- DIRECTIONS FOR THIS TASK: Filter the data below, keeping only lines that contain "filename".

-- DATA RECORDS follows --

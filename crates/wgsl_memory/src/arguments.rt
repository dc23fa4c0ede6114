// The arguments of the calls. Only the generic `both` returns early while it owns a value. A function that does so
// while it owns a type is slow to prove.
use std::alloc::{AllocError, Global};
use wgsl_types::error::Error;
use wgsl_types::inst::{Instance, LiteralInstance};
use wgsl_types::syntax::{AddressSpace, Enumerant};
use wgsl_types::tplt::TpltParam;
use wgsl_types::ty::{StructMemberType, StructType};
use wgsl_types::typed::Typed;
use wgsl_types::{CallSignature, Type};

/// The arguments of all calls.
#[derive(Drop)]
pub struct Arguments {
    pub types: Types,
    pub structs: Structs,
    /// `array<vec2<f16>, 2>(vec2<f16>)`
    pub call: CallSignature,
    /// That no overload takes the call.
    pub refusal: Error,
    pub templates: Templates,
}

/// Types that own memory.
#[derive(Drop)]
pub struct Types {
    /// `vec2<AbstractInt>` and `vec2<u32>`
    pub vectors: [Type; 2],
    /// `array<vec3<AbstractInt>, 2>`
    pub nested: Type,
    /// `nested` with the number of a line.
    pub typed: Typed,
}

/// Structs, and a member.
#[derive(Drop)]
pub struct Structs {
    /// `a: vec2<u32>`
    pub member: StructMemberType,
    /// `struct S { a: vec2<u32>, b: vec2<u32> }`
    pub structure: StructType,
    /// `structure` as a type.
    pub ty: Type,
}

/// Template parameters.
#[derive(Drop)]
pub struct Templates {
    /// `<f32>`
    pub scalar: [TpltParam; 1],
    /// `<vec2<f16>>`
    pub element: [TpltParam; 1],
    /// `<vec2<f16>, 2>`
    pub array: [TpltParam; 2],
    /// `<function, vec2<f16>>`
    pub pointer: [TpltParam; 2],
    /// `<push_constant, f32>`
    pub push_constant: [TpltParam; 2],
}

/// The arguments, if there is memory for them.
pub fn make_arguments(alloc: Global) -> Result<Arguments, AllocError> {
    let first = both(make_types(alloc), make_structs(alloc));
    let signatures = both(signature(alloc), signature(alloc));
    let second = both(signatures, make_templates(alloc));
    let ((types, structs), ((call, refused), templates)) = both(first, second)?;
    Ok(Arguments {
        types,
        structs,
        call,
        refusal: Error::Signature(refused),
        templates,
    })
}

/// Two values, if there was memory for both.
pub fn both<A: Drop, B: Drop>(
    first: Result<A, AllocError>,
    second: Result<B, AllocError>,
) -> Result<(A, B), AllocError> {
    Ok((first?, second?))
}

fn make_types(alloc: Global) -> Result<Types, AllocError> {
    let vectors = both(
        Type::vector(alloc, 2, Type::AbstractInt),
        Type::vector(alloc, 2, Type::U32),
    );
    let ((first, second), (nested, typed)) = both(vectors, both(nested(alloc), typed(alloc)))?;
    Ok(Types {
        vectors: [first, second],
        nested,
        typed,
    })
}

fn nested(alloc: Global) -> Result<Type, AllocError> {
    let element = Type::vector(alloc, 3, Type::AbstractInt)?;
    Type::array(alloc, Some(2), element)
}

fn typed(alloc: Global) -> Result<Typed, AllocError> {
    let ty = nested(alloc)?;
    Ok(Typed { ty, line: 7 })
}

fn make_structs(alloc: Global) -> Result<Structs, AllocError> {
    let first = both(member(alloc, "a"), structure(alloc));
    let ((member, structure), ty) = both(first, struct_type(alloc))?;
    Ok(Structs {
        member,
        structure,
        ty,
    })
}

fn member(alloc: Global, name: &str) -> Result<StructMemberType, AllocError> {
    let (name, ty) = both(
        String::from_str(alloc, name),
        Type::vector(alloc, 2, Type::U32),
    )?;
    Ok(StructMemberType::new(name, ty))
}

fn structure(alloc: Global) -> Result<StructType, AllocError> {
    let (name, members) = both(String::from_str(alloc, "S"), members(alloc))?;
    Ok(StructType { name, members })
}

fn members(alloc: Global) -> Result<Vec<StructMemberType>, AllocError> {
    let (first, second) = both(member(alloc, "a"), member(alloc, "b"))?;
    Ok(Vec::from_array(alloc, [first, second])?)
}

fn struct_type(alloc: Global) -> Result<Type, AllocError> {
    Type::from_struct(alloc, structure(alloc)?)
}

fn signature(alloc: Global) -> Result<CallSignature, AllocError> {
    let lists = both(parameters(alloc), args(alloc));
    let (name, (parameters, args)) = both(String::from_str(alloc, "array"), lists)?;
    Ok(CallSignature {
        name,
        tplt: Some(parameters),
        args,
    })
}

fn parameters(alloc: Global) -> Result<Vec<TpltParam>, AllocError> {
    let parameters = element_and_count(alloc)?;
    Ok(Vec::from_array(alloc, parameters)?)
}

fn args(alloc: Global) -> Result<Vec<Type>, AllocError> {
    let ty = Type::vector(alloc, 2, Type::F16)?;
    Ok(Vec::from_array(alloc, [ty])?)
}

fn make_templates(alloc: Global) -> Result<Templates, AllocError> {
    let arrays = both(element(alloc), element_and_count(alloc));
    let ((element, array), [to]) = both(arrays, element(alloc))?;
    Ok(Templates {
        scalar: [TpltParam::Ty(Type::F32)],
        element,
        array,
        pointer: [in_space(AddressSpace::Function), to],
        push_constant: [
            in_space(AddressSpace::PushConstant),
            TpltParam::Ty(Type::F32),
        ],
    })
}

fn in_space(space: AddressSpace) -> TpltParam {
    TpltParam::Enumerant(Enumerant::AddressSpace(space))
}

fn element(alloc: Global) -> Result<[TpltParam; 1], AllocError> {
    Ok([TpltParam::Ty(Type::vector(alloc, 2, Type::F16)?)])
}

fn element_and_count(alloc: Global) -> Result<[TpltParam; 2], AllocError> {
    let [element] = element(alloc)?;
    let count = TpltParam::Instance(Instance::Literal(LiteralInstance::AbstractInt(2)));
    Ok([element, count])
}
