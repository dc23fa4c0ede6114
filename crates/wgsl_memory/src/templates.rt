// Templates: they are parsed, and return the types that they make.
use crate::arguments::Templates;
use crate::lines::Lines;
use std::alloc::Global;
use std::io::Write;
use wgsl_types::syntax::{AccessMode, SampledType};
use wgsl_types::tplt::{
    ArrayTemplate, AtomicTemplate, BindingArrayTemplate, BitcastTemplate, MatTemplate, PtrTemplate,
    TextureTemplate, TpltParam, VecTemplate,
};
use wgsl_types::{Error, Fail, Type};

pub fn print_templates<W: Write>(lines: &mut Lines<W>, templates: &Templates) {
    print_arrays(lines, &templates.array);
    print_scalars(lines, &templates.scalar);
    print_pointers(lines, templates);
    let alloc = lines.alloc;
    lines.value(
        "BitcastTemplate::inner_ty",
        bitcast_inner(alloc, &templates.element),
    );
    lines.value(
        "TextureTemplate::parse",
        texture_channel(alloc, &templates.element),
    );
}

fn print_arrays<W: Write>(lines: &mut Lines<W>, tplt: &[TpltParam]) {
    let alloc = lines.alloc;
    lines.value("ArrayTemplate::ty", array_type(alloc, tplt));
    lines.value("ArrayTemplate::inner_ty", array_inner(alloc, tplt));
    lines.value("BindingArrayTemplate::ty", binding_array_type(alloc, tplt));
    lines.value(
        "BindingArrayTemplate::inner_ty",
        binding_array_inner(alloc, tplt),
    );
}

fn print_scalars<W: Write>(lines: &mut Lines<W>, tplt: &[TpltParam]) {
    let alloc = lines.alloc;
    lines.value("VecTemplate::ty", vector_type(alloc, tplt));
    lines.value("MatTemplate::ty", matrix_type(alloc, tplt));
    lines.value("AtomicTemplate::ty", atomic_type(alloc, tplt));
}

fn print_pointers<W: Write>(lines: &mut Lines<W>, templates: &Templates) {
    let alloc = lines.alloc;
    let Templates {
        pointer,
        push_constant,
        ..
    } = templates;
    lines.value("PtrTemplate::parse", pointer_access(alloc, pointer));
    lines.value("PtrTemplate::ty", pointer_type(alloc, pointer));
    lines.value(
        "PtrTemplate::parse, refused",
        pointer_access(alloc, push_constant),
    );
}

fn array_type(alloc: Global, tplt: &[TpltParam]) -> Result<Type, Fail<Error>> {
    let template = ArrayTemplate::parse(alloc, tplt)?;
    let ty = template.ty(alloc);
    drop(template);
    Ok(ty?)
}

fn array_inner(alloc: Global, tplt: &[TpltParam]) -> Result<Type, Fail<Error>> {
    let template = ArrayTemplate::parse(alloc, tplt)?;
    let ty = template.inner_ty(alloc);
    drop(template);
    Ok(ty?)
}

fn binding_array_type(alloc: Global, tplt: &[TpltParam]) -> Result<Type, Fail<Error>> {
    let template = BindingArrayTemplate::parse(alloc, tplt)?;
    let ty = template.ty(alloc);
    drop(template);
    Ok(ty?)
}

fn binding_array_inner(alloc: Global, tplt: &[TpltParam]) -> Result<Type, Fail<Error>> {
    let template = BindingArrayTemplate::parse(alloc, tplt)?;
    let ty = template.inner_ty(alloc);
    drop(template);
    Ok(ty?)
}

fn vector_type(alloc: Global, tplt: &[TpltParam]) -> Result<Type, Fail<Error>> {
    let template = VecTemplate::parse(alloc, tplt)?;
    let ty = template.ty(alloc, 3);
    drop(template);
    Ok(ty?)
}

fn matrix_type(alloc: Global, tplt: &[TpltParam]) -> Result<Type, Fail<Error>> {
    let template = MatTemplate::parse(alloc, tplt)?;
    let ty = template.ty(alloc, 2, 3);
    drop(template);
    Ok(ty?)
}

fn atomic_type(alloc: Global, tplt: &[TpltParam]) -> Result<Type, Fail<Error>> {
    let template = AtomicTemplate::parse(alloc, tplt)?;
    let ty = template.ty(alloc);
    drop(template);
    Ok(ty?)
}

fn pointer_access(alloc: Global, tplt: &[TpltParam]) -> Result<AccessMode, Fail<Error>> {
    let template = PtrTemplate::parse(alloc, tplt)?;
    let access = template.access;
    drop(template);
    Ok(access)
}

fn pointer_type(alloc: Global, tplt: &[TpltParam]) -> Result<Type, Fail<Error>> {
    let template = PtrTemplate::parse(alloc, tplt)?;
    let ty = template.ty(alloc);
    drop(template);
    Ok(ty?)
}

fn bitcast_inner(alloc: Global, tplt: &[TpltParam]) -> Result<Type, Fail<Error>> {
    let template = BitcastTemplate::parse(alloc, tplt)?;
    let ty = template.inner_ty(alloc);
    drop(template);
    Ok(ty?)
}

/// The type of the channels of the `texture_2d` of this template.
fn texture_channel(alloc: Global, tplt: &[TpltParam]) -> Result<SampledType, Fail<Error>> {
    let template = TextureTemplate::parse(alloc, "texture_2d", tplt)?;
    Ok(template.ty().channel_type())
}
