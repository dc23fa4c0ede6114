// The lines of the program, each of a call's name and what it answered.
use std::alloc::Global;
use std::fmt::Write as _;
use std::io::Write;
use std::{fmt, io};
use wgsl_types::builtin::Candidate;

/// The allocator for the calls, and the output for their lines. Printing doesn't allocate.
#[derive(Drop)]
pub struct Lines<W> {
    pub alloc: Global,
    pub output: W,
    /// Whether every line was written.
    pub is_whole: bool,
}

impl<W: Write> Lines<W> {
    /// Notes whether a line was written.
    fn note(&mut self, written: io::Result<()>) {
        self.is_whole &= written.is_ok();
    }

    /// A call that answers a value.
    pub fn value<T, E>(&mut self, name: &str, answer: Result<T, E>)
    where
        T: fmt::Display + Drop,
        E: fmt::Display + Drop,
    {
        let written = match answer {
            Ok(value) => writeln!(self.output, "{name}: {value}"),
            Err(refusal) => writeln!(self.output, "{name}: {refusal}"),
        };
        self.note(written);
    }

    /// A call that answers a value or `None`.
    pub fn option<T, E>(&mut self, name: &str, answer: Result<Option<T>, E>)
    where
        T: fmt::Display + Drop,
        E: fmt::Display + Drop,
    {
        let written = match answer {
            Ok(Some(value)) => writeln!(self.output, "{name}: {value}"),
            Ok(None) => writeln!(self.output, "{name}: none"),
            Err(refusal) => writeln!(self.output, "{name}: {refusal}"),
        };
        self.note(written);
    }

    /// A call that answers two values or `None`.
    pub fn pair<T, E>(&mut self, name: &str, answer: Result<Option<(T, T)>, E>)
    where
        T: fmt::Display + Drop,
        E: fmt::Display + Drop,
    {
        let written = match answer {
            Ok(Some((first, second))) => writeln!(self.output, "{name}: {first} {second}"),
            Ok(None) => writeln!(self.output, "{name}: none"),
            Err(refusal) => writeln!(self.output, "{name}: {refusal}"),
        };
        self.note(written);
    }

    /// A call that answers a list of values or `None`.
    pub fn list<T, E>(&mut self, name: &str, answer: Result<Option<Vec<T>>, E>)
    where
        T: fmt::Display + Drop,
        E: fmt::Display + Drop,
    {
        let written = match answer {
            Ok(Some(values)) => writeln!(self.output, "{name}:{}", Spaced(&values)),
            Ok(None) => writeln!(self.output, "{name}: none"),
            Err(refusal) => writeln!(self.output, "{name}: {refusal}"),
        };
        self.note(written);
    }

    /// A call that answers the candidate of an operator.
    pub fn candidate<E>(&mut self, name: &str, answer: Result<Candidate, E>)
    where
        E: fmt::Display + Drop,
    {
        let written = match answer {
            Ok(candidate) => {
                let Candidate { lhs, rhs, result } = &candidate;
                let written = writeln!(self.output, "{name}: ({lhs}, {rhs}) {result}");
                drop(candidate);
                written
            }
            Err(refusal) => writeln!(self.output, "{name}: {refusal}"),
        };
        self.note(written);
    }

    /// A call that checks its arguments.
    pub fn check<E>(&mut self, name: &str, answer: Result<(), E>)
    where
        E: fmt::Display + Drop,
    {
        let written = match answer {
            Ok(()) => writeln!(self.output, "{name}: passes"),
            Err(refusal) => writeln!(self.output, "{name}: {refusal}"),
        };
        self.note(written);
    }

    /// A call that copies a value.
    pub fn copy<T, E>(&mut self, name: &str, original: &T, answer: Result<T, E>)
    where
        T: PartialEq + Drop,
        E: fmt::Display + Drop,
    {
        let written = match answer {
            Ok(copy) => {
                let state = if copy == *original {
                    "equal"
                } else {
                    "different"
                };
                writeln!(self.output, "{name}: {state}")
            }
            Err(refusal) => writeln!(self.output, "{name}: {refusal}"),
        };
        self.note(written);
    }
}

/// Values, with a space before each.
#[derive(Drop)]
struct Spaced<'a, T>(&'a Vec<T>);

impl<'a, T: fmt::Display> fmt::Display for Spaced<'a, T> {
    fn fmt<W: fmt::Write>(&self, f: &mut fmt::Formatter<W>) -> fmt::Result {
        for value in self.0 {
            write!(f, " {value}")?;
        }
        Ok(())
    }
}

-- DATA RECORDS concluded --
-- DATA RECORDS follows --

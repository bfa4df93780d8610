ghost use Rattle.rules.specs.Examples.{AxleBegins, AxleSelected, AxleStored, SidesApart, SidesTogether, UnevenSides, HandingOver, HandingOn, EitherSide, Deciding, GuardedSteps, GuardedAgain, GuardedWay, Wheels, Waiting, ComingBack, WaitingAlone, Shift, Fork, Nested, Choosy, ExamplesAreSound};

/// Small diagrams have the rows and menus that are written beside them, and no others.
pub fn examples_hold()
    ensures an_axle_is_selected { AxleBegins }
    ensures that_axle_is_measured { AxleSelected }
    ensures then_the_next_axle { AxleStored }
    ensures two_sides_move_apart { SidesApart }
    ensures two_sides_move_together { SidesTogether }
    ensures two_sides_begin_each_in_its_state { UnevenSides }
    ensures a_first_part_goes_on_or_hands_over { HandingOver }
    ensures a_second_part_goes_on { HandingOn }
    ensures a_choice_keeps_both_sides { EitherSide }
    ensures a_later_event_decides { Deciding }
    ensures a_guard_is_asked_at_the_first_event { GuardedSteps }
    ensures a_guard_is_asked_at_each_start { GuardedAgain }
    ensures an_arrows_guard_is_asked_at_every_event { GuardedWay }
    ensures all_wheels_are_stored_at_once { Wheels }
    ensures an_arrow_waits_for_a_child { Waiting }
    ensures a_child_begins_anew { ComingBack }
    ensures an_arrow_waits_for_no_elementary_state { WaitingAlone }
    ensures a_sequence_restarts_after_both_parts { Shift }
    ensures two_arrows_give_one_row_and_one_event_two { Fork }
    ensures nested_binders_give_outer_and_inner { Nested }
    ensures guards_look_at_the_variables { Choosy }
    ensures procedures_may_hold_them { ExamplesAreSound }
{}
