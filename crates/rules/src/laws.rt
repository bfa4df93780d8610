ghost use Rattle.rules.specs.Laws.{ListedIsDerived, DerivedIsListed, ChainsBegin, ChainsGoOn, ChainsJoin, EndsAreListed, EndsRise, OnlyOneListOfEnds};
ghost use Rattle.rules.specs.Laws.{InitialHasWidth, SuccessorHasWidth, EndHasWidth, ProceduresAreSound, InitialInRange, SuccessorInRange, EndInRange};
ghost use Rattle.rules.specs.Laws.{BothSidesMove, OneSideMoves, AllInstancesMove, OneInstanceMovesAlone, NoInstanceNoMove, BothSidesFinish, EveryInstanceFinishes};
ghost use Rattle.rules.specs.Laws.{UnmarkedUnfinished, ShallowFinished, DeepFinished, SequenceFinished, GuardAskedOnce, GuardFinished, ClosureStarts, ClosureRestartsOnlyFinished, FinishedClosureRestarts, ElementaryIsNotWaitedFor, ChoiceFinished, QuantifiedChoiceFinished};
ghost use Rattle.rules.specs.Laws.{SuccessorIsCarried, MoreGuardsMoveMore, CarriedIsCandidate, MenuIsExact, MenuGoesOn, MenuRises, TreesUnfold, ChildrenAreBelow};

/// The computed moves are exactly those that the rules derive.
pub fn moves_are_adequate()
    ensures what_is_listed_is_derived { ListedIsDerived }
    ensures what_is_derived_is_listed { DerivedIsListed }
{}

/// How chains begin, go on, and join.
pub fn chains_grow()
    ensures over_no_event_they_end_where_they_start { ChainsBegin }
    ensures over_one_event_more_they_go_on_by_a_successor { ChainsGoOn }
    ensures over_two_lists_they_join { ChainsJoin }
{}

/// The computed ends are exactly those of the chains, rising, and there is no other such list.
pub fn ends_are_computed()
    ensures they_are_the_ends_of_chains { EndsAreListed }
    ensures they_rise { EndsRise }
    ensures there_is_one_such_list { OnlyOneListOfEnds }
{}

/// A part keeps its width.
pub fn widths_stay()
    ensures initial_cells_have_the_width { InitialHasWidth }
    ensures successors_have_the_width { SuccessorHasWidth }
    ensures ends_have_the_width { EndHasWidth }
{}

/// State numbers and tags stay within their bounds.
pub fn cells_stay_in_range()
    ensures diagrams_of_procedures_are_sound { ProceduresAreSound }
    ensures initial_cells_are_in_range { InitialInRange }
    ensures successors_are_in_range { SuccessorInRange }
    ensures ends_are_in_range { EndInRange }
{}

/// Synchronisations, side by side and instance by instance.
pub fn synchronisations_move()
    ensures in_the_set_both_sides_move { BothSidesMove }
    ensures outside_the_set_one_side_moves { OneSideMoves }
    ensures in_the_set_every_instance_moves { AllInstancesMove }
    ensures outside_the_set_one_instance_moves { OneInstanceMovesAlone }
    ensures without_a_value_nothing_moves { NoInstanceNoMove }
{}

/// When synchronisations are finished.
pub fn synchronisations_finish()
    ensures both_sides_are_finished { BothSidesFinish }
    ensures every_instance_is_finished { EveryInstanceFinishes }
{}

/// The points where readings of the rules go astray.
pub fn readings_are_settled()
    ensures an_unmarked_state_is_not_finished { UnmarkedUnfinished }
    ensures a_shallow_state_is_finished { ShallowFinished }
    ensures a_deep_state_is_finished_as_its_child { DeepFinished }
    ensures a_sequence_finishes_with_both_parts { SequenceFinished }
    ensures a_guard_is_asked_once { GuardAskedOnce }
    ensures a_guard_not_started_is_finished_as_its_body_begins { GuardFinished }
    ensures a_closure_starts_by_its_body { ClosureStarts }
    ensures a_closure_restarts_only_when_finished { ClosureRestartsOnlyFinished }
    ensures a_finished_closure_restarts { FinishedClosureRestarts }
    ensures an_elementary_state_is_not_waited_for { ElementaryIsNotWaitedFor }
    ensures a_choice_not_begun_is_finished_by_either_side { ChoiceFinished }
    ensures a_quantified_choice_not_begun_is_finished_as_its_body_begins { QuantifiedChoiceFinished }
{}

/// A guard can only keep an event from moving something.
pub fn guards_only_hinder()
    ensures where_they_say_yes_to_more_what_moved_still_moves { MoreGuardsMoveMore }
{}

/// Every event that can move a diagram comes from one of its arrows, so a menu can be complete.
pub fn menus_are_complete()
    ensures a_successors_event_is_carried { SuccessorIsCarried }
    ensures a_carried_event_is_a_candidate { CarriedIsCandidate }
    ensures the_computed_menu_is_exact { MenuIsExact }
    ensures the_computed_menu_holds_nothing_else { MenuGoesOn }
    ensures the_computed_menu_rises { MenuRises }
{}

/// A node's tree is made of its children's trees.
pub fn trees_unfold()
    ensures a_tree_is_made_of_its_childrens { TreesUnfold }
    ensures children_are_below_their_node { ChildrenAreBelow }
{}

-- DATA RECORDS concluded --

- TASK SOLUTION:
filename crates/wgsl_memory/src/arguments.rt
filename crates/wgsl_memory/src/templates.rt
filename crates/rules/src/laws.rt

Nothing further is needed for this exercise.